I see one or two spots but am not sure if it's from the appy or just the grey doing strange things. Regardless she will end up "white".


----------



## Zexious (Aug 2, 2013)

^This is what I was going to say. Rose gray <3 /YayMyGeneticKnowledge


----------



## Gypsygirl13 (Jul 25, 2015)

We bought her from an auction a couple years ago and she was a range horse with no human contact until we got her. No one knows who her parents are unfortunately  

Chances are she'll end up grey just like my other 2 mares, LOL. Great..I didn't want any more greys! Oh well, I love all my girls regardless of color.


----------



## Yogiwick (Sep 30, 2013)

Heard an old joke about a man who was looking to buy this beautiful steel grey horse. He knew the horse was young because of the color. Bought the horse and happily rode into the sunset.

Overnight it rained and in the morning he had a pure white horse. Realizing the horse was older than he thought he checked it's mouth and found out he'd bought an old nag.

Or something like that. I don't think many people realize just how "ungrey" grey horses look sometimes!

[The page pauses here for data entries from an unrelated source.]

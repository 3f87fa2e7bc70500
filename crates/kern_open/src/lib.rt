//! Processes, and the open files that their descriptors share.
#![tactic(auto)]

mod opens;
mod shared;
#[cfg(test)]
mod tests;

pub use kern_proc::ProcFault;
pub use opens::Opens;
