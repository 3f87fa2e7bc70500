use crate::Opens;
use kern_model::{Access, Object, OpenFile};
use sp_base::{Fd, Pid};
use std::test::Fail;

/// An open file of the root directory.
fn directory() -> OpenFile {
    OpenFile {
        object: Object::Node(1),
        access: Access::Reading,
        append: false,
        nonblock: false,
        offset: 0,
    }
}

#[test]
fn an_open_file_goes_with_its_last_row(rt: HostRuntime) -> Result<(), Fail> {
    let mut opens = Opens::fresh(rt.alloc())?;
    let parent = opens.attach()?;
    assert_eq!(rt; parent, Pid(2));
    opens.reserve(1)?;
    assert!(rt; opens.is_live(parent));
    assert_eq!(rt; opens.lowest_unused(parent, 0), Some(Fd(0)));
    let fd = opens.open(parent, directory(), false);
    assert_eq!(rt; fd, Fd(0));
    assert!(rt; opens.is_live(parent));
    let child = opens.fork(parent)?;
    assert!(rt; opens.is_live(parent));
    assert_eq!(rt; opens.close(parent, 0), None);
    assert!(rt; opens.is_live(child));
    assert_eq!(rt; opens.file(child, 0), Some(directory()));
    assert_eq!(rt; opens.close(child, 0), Some(directory()));
    assert_eq!(rt; opens.file(child, 0), None);
    Ok(())
}
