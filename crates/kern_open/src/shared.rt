ghost use Rattle.std.specs.Prelude.{◌≡◌, ℕ, ◌+◌, ◌<◌, ◌^◌, length, IsSome, Some};
ghost use Rattle.numbered.specs.Book.{IsBook, with_value};
ghost use Rattle.sp_base.specs.declared.limits.TheConstants.{DESCRIPTORS};
ghost use Rattle.sp_base.specs.Table.{at};
ghost use Rattle.kern_proc.specs.Processes.{rows_at};
ghost use Rattle.kern_model.specs.declared.node.Row.{Row as RowOf};
ghost use Rattle.kern_open.specs.declared.shared.Shared.{Shared as SharedOf};
ghost use Rattle.kern_open.specs.Counted.{shared_at, Holds};

use kern_model::OpenFile;
use kern_proc::Procs;
use numbered::Numbered;
use sp_base::{DESCRIPTORS, Pid};

/// An open file, and how many rows of all processes are of it.
#[derive(Clone, Copy, Debug, PartialEq, Eq)]
pub struct Shared {
    pub file: OpenFile,
    pub rows: u64,
}

/// Counts one row more of what a key holds.
pub fn hold(files: &mut Numbered<Shared>, key: u64)
    requires few { (shared : SharedOf) → shared_at files.old key ≡ Some shared →
        shared.rows < 2 ^ 32 }
    ensures counted { (shared : SharedOf) → shared_at files.old key ≡ Some shared →
        files.new ≡ with_value files.old key (record shared { rows = shared.rows + 1 }) }
    ensures sound { IsBook files.old }
{
    let Some(shared) = files.get(key).copied() else {
        return;
    };
    let more = Shared {
        file: shared.file,
        rows: shared.rows + 1,
    };
    files.set(key, more);
}

/// Counts the rows of a process once more.
pub fn hold_rows(procs: &Procs, files: &mut Numbered<Shared>, pid: Pid)
    requires live { IsSome (at procs.now pid.0) }
    requires rows { length (rows_at procs.now pid.0) ≡ DESCRIPTORS }
    requires held { (fd : ℕ) (row : RowOf) → at (rows_at procs.now pid.0) fd ≡ Some row →
        IsSome (shared_at files.old row.file) }
    requires few { (key : ℕ) (shared : SharedOf) → shared_at files.old key ≡ Some shared →
        shared.rows < 2 ^ 31 }
    ensures { Holds files.old files.new (rows_at procs.now pid.0) }
{
    for fd in 0..DESCRIPTORS {
        if let Some(file) = procs.lookup(pid, fd) {
            hold(files, file.0);
        }
    }
}
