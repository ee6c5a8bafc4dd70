// Putting a line into lent room. Callers show that there is room for it.
ghost use Rattle.std.specs.Prelude.{◌≡◌, ◌+◌, ◌<◌, ◌≤◌, ◌++◌, length, take, drop};
ghost use Rattle.text.specs.Text as text;

use crate::Moment;

// The digit of n at a unit.
pub fn digit(n: u64, unit: u64) -> u8
    requires { 1 ≤ unit }
    ensures { result ≡ text.digit n unit }
{
    b'0' + (n / unit % 10) as u8
}

// What stands behind the index: date and time.
pub fn stamp(m: Moment) -> [u8; 25]
    ensures { result ≡ text.stamp (text.date m.year m.month m.day) (text.time m.hour m.minute m.second m.millisecond) }
{
    [
        b' ',
        digit(m.year, 1000),
        digit(m.year, 100),
        digit(m.year, 10),
        digit(m.year, 1),
        b'-',
        digit(m.month, 10),
        digit(m.month, 1),
        b'-',
        digit(m.day, 10),
        digit(m.day, 1),
        b' ',
        digit(m.hour, 10),
        digit(m.hour, 1),
        b':',
        digit(m.minute, 10),
        digit(m.minute, 1),
        b':',
        digit(m.second, 10),
        digit(m.second, 1),
        b'.',
        digit(m.millisecond, 100),
        digit(m.millisecond, 10),
        digit(m.millisecond, 1),
        b'\n',
    ]
}

// The letter, a space and the index: three bytes, or four.
fn short_head(letter: u8, index: u64) -> [u8; 3]
    requires { index < 10 }
    ensures { result ≡ text.head letter index }
{
    [letter, b' ', digit(index, 1)]
}

fn long_head(letter: u8, index: u64) -> [u8; 4]
    requires { 10 ≤ index }
    ensures { result ≡ text.head letter index }
{
    [letter, b' ', digit(index, 10), digit(index, 1)]
}

// Puts a part into the room, from `at` on.
pub fn put(room: &mut [u8], at: usize, part: &[u8])
    requires { at + length part.now ≤ length room.old }
    ensures { room.new ≡ take at room.old ++ part.now ++ drop (at + length part.now) room.old }
{
    room[at..at + part.len()].copy_from_slice(part);
}

// Puts two parts into the room, one behind the other, and says where they end.
fn put_both(room: &mut [u8], at: usize, head: &[u8], tail: &[u8]) -> usize
    requires { at + (length head.now + length tail.now) ≤ length room.old }
    ensures value { result ≡ at + (length head.now + length tail.now) }
    ensures room_after { room.new ≡ take at room.old ++ (head.now ++ tail.now) ++ drop (at + (length head.now + length tail.now)) room.old }
{
    put(room, at, head);
    let behind = at + head.len();
    put(room, behind, tail);
    behind + tail.len()
}

// How many bytes a line with this index has.
pub fn line_length(index: u64) -> usize
    ensures { result ≡ text.line_length index }
{
    if index < 10 { 28 } else { 29 }
}

// Puts a line into the room, from `at` on, and says where it ends.
pub fn put_line(room: &mut [u8], at: usize, letter: u8, index: u64, m: Moment) -> usize
    requires { at + text.line_length index ≤ length room.old }
    ensures value { result ≡ at + text.line_length index }
    ensures room_after { room.new ≡ take at room.old ++ text.line letter index (text.date m.year m.month m.day) (text.time m.hour m.minute m.second m.millisecond) ++ drop (at + text.line_length index) room.old }
{
    let tail = stamp(m);
    if index < 10 {
        let head = short_head(letter, index);
        return put_both(room, at, &head, &tail);
    }
    let head = long_head(letter, index);
    put_both(room, at, &head, &tail)
}

// The line of a refusal: four bytes, or five.
pub fn short_refusal(number: u64) -> [u8; 4]
    requires { number < 10 }
    ensures { result ≡ text.refusal_line number }
{
    [b'R', b' ', digit(number, 1), b'\n']
}

pub fn long_refusal(number: u64) -> [u8; 5]
    requires { 10 ≤ number }
    ensures { result ≡ text.refusal_line number }
{
    [b'R', b' ', digit(number, 10), digit(number, 1), b'\n']
}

I also have a grey, and a pinto. I can't imagine 3 all grey!! lol


----------



## SunnyDraco (Dec 8, 2011)

Yogiwick said:


> Heard an old joke about a man who was looking to buy this beautiful steel grey horse. He knew the horse was young because of the color. Bought the horse and happily rode into the sunset.
> 
> Overnight it rained and in the morning he had a pure white horse. Realizing the horse was older than he thought he checked it's mouth and found out he'd bought an old nag.
> 
> ...


There is more to that joke... It actually involved the next step where someone (forgot who) told him how to return the dark dappled look, which he did and sold it on to someone else before it rained again :wink:


----------



## Yogiwick (Sep 30, 2013)

I wonder if there's a true story somewhere behind there.


----------



## Shawin (Aug 30, 2015)

Firstly, she is definitely a chestnut based horse as the lower legs aren't black even though her mane & tail give that appearance. She would colour test as chestnut.
Secondly its possible that she has a grey egen present giving the dappling over her body, so she'll probably have that colour stripped soon. If it were appaloosa roan she would show a darker colour over the bony areas and be roaning fairly evenly over the body.


----------



## Katona (Aug 27, 2015)

It's too hard from the pics to see if she's got the LP striped hooves. I also can't really get a gauge on her coat colour. That back right looks full black on the photo, as do her mane/tail, but I don't trust it. 

Generally, I go to UCDavis for colour testing, but there are alternatives. I'd agree with the rest that she's greying out. As far as dun factor/base colour/LP? I'd like to see it on paper. Too many of them are not what the eye sees. (I know personally of two visual "bays" who were actually not. One was the darkest buckskin I'd ever seen, the other a Smokey black.)


----------



## Yogiwick (Sep 30, 2013)

Shawin said:


> Firstly, she is definitely a chestnut based horse as the lower legs aren't black even though her mane & tail give that appearance. She would colour test as chestnut.
> Secondly its possible that she has a grey egen present giving the dappling over her body, so she'll probably have that colour stripped soon. If it were appaloosa roan she would show a darker colour over the bony areas and be roaning fairly evenly over the body.


Since she is greying her base color has changed and any visual guess is really just that, a guess. There is no way to tell.

The only way to tell beyond "grey" is to test and since her phenotype is (will be? lol) grey the only reason to test would be for the OPs curiosity or for further knowledge if breeding.


----------